Auckland Philharmonia
Auckland Town Hall
Houstoun Plays Rachmaninov
March 23
Conductor Vincent Hardaker
Piano Michael Houstoun
Maria Grenfell Stealing Tutunui
Vaughan Williams Symphony No.5
Rachmaninov Piano Concerto No.3
Rachmaninov’s Third Piano Concerto is often referred to as the Everest of piano concertos because of its monumentality. The metaphor can be extended to the pianist themselves and their struggle to dominate the work. Just as the climber moves progressively up the mountain, encountering crevasses, snowstorms and avalanches before the final assault, so too does the pianist struggle with the demands of the concerto.
Michael Houstoun’ s appearance with the APO this week was probably one of his last and playing the Rachmaninov would have been a challenge he has been wanting to undertake for some time.

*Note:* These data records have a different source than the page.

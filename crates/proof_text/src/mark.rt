ghost use Rattle.std.specs.Prelude.{◌≡◌, ◌||◌};
ghost use Rattle.proof_text.specs.Grammar as grammar;
ghost use Rattle.proof_text.specs.Grammar.{is_fixed};
ghost use Rattle.proof_text.specs.Values.{marked_number};
ghost use Rattle.proof_text.specs.declared.fixed.Fixed.TheVariants.{True, Tilde, Equal};

use crate::fixed::Fixed;

/// What the grammar looks at in an integer.
#[derive(Clone, Copy, Debug)]
pub enum Integer {
    /// `1`
    One,
    /// `2`
    Two,
    /// A number from 3 to `MOST_WITHIN`.
    Few(u32),
    /// 0, or a greater number, up to 2 ^ 32 - 1.
    Number(u32),
    /// An integer with a sign, or a greater one.
    NoNumber,
}

/// What the grammar looks at in a token.
#[derive(Clone, Copy, Debug)]
pub enum Mark {
    /// A token with one text.
    Fixed(Fixed),
    /// A lower word that is no keyword, or a quoted word.
    Word,
    /// An upper word.
    Upper,
    /// An integer.
    Integer(Integer),
    /// A token that stands nowhere in a proof text.
    Other,
}

/// A token as the grammar sees it: its mark, and its number among the tokens, from 0, by which its
/// name is found.
#[derive(Clone, Copy, Debug)]
pub struct Token {
    pub mark: Mark,
    pub number: usize,
}

impl Mark {
    /// A word, which may be a keyword.
    pub(crate) fn is_word(self) -> bool
        ensures { result ≡ grammar.is_word self }
    {
        match self {
            Mark::Fixed(fixed) => fixed.is_keyword(),
            Mark::Word => true,
            _ => false,
        }
    }

    /// A word or an integer.
    pub(crate) fn is_name(self) -> bool
        ensures { result ≡ grammar.is_name self }
    {
        matches!(self, Mark::Integer(_)) || self.is_word()
    }

    /// A number from 1 to `MOST_WITHIN`.
    pub(crate) fn is_few(self) -> bool
        ensures { result ≡ grammar.is_few self }
    {
        matches!(
            self,
            Mark::Integer(Integer::One | Integer::Two | Integer::Few(_))
        )
    }

    /// A number.
    pub(crate) fn is_number(self) -> bool
        ensures { result ≡ grammar.is_number self }
    {
        matches!(self, Mark::Integer(Integer::Number(_))) || self.is_few()
    }

    /// An integer other than 1 and 2.
    pub(crate) fn is_wrong_version(self) -> bool
        ensures { result ≡ grammar.is_wrong_version self }
    {
        matches!(
            self,
            Mark::Integer(Integer::Few(_) | Integer::Number(_) | Integer::NoNumber)
        )
    }

    /// The token with this text.
    pub(crate) fn is_fixed(self, fixed: Fixed) -> bool
        ensures { result ≡ grammar.is_fixed fixed self }
    {
        match self {
            Mark::Fixed(other) => fixed.is(other),
            _ => false,
        }
    }

    /// What begins an atom: a word or `~`.
    pub(crate) fn begins_atom(self) -> bool
        ensures { result ≡ (is_fixed Tilde self || grammar.is_word self) }
    {
        self.is_fixed(Fixed::Tilde) || self.is_word()
    }

    /// What begins facts: `$true`, or an atom.
    pub(crate) fn begins_facts(self) -> bool
        ensures { result ≡ (is_fixed True self || is_fixed Tilde self || grammar.is_word self) }
    {
        self.is_fixed(Fixed::True) || self.begins_atom()
    }

    /// What begins a symbol: a word or `=`.
    pub(crate) fn begins_symbol(self) -> bool
        ensures { result ≡ (is_fixed Equal self || grammar.is_word self) }
    {
        self.is_fixed(Fixed::Equal) || self.is_word()
    }

    /// The number that the token tells, or 0.
    pub(crate) fn number(self) -> u32
        ensures { result ≡ marked_number self }
    {
        match self {
            Mark::Integer(Integer::One) => 1,
            Mark::Integer(Integer::Two) => 2,
            Mark::Integer(Integer::Few(number) | Integer::Number(number)) => number,
            _ => 0,
        }
    }
}
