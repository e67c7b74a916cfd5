ghost use Rattle.std.specs.Prelude.{◌≡◌, [], ◌∷◌, ◌++◌, Some, slice_get, IfOk, IsTrue};
ghost use Rattle.proof_text.specs.Effects as spec;
ghost use Rattle.proof_text.specs.Grammar as grammar;
ghost use Rattle.proof_text.specs.Marks.{marked};
ghost use Rattle.proof_text.specs.Proper.{IsProper};
ghost use Rattle.proof_text.specs.Values as values;
ghost use Rattle.coherent_form.specs.declared.citation.Symbol.TheVariants.{Equality as equality};
ghost use Rattle.proof_text.specs.declared.part.Act.TheVariants as act;
ghost use Rattle.proof_text.specs.declared.part.Pass.TheVariants as pass;
ghost use Rattle.proof_text.specs.declared.part.Naming.TheVariants as naming;
ghost use Rattle.proof_text.specs.declared.part.Counting.TheVariants as counting;

use crate::body::{ArgsText, Binding, BodyText, CaseText, EndText, MpText, NamedAtom, Shown};
use crate::mark::Token;
use crate::part::{Act, Counting, Naming, Pass, Rule, Taker, TextPart};
use crate::script::Script;
use crate::store::name_at;
use coherent_form::{Citation, Label, Symbol};
use std::alloc::Global;
use std::mem::replace;
use text_core::{List, Memory, Name};
use token_grammar::{Builder, Stack};
use tptp_lexer::Tokens;

/// What is open around a split: the steps of the body that it ends, and the split, cases and facts
/// around that body.
#[derive(Debug, Drop)]
pub struct Frame {
    steps: List<MpText>,
    split: u32,
    cases: List<CaseText>,
    facts: Option<List<NamedAtom>>,
}

/// Builds a script while its text is read.
#[derive(Debug, Drop)]
pub struct ScriptBuilder {
    alloc: Global,
    version: u32,
    take: List<Name>,
    // The word that was last read, and the number.
    word: Option<Name>,
    number: u32,
    // The symbol of a built-in axiom, whether it is taken as it is, and the citation.
    positive: bool,
    symbol: Symbol,
    cite: Citation,
    // The names or values that are read, the instance, and the names of new elements.
    names: List<Name>,
    binds: List<Binding>,
    instance: ArgsText,
    fresh: List<Name>,
    // The atoms of a part of a line, the parts before it, and the line.
    atoms: List<NamedAtom>,
    parts: List<List<NamedAtom>>,
    line: Option<Shown>,
    // The steps of the body that is open, and the body that was last read.
    steps: List<MpText>,
    body: BodyText,
    // The line of the split that is open, its cases, the facts of its last case, and what is open
    // around it.
    split: u32,
    cases: List<CaseText>,
    facts: Option<List<NamedAtom>>,
    outer: Stack<Frame>,
}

He has written about the work saying “This concerto is famously huge with enormous numbers of notes, requiring not just dexterity but also real strength and stamina. Rachmaninov’s piano writing is so brilliant and sublime though that it does not really seem like work. The beautiful melodies and rich harmonies, the wonderful surging structures – all the elements put together make it one of the very greatest of piano concertos.”

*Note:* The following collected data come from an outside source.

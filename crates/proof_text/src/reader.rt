ghost use Rattle.std.specs.Prelude.{◌≡◌, ◌⊎◌, ◌<◌, ◌^◌, length, IfOk, IfErr};
ghost use Rattle.text_core.specs.Exact.{Exact};
ghost use Rattle.proof_text.specs.Scripts.{IsScriptOf, AreScriptOf, ProofFault, TokensFault};
ghost use Rattle.proof_text.specs.Told.{Tells, IsMachineRefusal, lexical, limited};
ghost use Rattle.proof_text.specs.declared.refusal.ScriptRefusal.TheVariants as refusals;

use crate::builder::ScriptBuilder;
use crate::part::Rule;
use crate::part::TextPart::{self, Row};
use crate::refusal::ScriptRefusal;
use crate::script::Script;
use crate::watch::{Limit, Tally};
use std::alloc::Global;
use token_grammar::{Refusal, build};
use tptp_lexer::{LexRefusal, Tokens, tokens};

/// The refusal by the watcher of the token at this offset.
fn limited(limit: Limit, offset: u32) -> ScriptRefusal
    ensures { result ≡ limited limit offset }
{
    match limit {
        Limit::Version => ScriptRefusal::ProofVersion(offset),
        Limit::TooLarge => ScriptRefusal::ProofTooLarge(offset),
        Limit::TooDeep => ScriptRefusal::CasesTooDeep(offset),
    }
}

/// How the lexer's refusal is told.
fn lexical(refusal: LexRefusal) -> ScriptRefusal
    ensures { result ≡ lexical refusal }
{
    match refusal {
        LexRefusal::Memory => ScriptRefusal::Memory,
        _ => ScriptRefusal::Lex(refusal),
    }
}

/// How the machine's refusal of the tokens is told.
fn told(tokens: &Tokens<'_>, refusal: Refusal<TextPart, Limit>) -> ScriptRefusal
    requires { IsMachineRefusal tokens.now.tokens refusal }
    ensures { Tells tokens.now refusal result }
{
    match refusal {
        Refusal::Memory => ScriptRefusal::Memory,
        Refusal::Unexpected { number, .. } => ScriptRefusal::ProofSyntax(tokens.start(number)),
        Refusal::Stopped { number, fault } => limited(fault, tokens.start(number)),
        Refusal::EndsEarly => ScriptRefusal::ProofSyntax(tokens.source_len()),
    }
}

/// The script that the tokens spell, or the refusal of the first that is refused, or of the end.
fn read_tokens(alloc: Global, tokens: &Tokens<'_>) -> Result<Script, ScriptRefusal>
    ensures { Exact (AreScriptOf tokens.now.tokens) (TokensFault tokens.now.tokens
        (length tokens.now.source)) refusals.Memory result }
{
    // The tokens are those of their source.
    tokens.source_len();
    let mut tally = Tally {
        applications: 0,
        splits: 0,
    };
    let mut builder = ScriptBuilder::new(alloc);
    match build(alloc, Row(Rule::Text), tokens, &mut tally, &mut builder) {
        Ok(()) => Ok(builder.into_script()),
        Err(refusal) => Err(told(tokens, refusal)),
    }
}

/// The script that fewer than 2 ^ 32 bytes spell, or their refusal: that of the lexer where they
/// have no tokens, else that of the first token that is refused, or of the end. `Memory` is want of
/// memory. Source: the vernacular for coherent logic, with named instances and gaps in version 2.
pub fn read_script(alloc: Global, bytes: &[u8]) -> Result<Script, ScriptRefusal>
    requires { length bytes.now < 2 ^ 32 }
    // The script that there is, or the refusal that there is; want of memory may come in place of
    // either.
    ensures { Exact (IsScriptOf bytes.now) (ProofFault bytes.now) refusals.Memory result }
{
    match tokens(alloc, bytes) {
        Ok(tokens) => read_tokens(alloc, &tokens),
        Err(refusal) => Err(lexical(refusal)),
    }
}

After an unsuccessful performance of the work in Wellington last year due to technical issues Michael Houstoun was like the climber having a second attempt at reaching the summit, probably motivated to make the supreme effort.
The concerto consists of the two, often competing forces of the pianist and orchestra as they explore the works intense Romanticism, its modernist introspection and an ever-present Russian melancholy.

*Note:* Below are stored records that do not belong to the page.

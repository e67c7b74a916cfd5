//! Proof texts of both versions: their grammar, and the scripts that they spell.
#![tactic(auto)]

mod body;
mod body_steps;
mod builder;
mod cite_steps;
mod fixed;
mod given;
mod law;
mod limits;
mod line_steps;
mod line_text;
mod mark;
mod part;
mod printed;
mod proof_script;
mod reader;
mod refusal;
mod script;
mod step;
mod step_text;
mod store;
mod watch;
mod wording;
mod writer;

pub use body::{ArgsText, Binding, BodyText, CaseText, EndText, MpText, NamedAtom, Shown};
pub use builder::{Frame, ScriptBuilder};
pub use coherent_form::{Citation, Label, Symbol};
pub use fixed::Fixed;
pub use given::facts_at;
pub use law::{
    never_script_and_refusal, proof_scripts_stand, refusals_are_one, script_or_refusal,
    scripts_are_one, scripts_are_proper,
};
pub use limits::MOST_WITHIN;
pub use line_text::{put_facts, put_line, put_number, put_words};
pub use mark::{Integer, Mark, Token};
pub use part::{Act, Counting, Edition, Naming, Pass, Rule, Taker, TextPart};
pub use printed::{element_names, named_facts, named_line};
pub use proof_script::{case_facts, parameters_of, script_of, second_of, start_context};
pub use reader::read_script;
pub use refusal::ScriptRefusal;
pub use script::Script;
pub use step::{Addition, take_step};
pub use step_text::{put_cite, put_indent};
pub use store::number_in;
pub use watch::{Limit, Tally};
pub use wording::Wording;
pub use writer::write_script;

Houstoun’s performance was spectacular. There was no hint that he was daunted by the work, playing with confidence and assurance in front of a packed Auckland Town Hall. This was a cerebral performance with a focus on his technique and his attempts to illuminate Rachmaninov’s multi-layered themes. He ensured that he was in control with a combination of power, poetry and speed, mastering the themes and variations, the big complex chords, thundering octaves and surging phrases. Throughout the concerto’s most difficult and intricate movements he provided an electrifying display of keyboard virtuosity.
At times he became the great showman with his almost frenetic playing which was as dramatic as that of the orchestra. At times his playing seems to glide over the sounds of the orchestra and at others he seemed to be searching for his melody before weaving into the orchestral sounds
The orchestra under conductor Vincent Hardaker played their part in providing the monumental sounds which accompany the soloist through to the furious sounds of the dramatic conclusion.
Where the Rachmaninov was distinctly Russian the other large work on the programme, the Vaughan Williams Fifth Symphony was distinctly English. Written thirty years after the Rachmaninov this work with its pastoral Romanticism was a gentle, melodic and uplifting work .Despite its apparent lightness it was an elaborate and sophisticated piece, elegantly controlled by conductor Hardaker.
The other work on the programme was New Zealander Maria Grenfell’s tone poem “Stealing Tutunui” which she describes as recounting the Māori legend about a chief, his pet whale, and a duplicitous priest.
The various instruments notably the harp woodwinds and brass created what might be a day in the life of a forest with music of birdsong, atmospheric incidents and small dramatic events. From the opening joyous sounds, the music rose to a tumult of sounds of an approaching storm or premonition. Grenfell displays an ability to utilise the orchestras instruments to create sounds which combine the exotic and the natural brilliantly.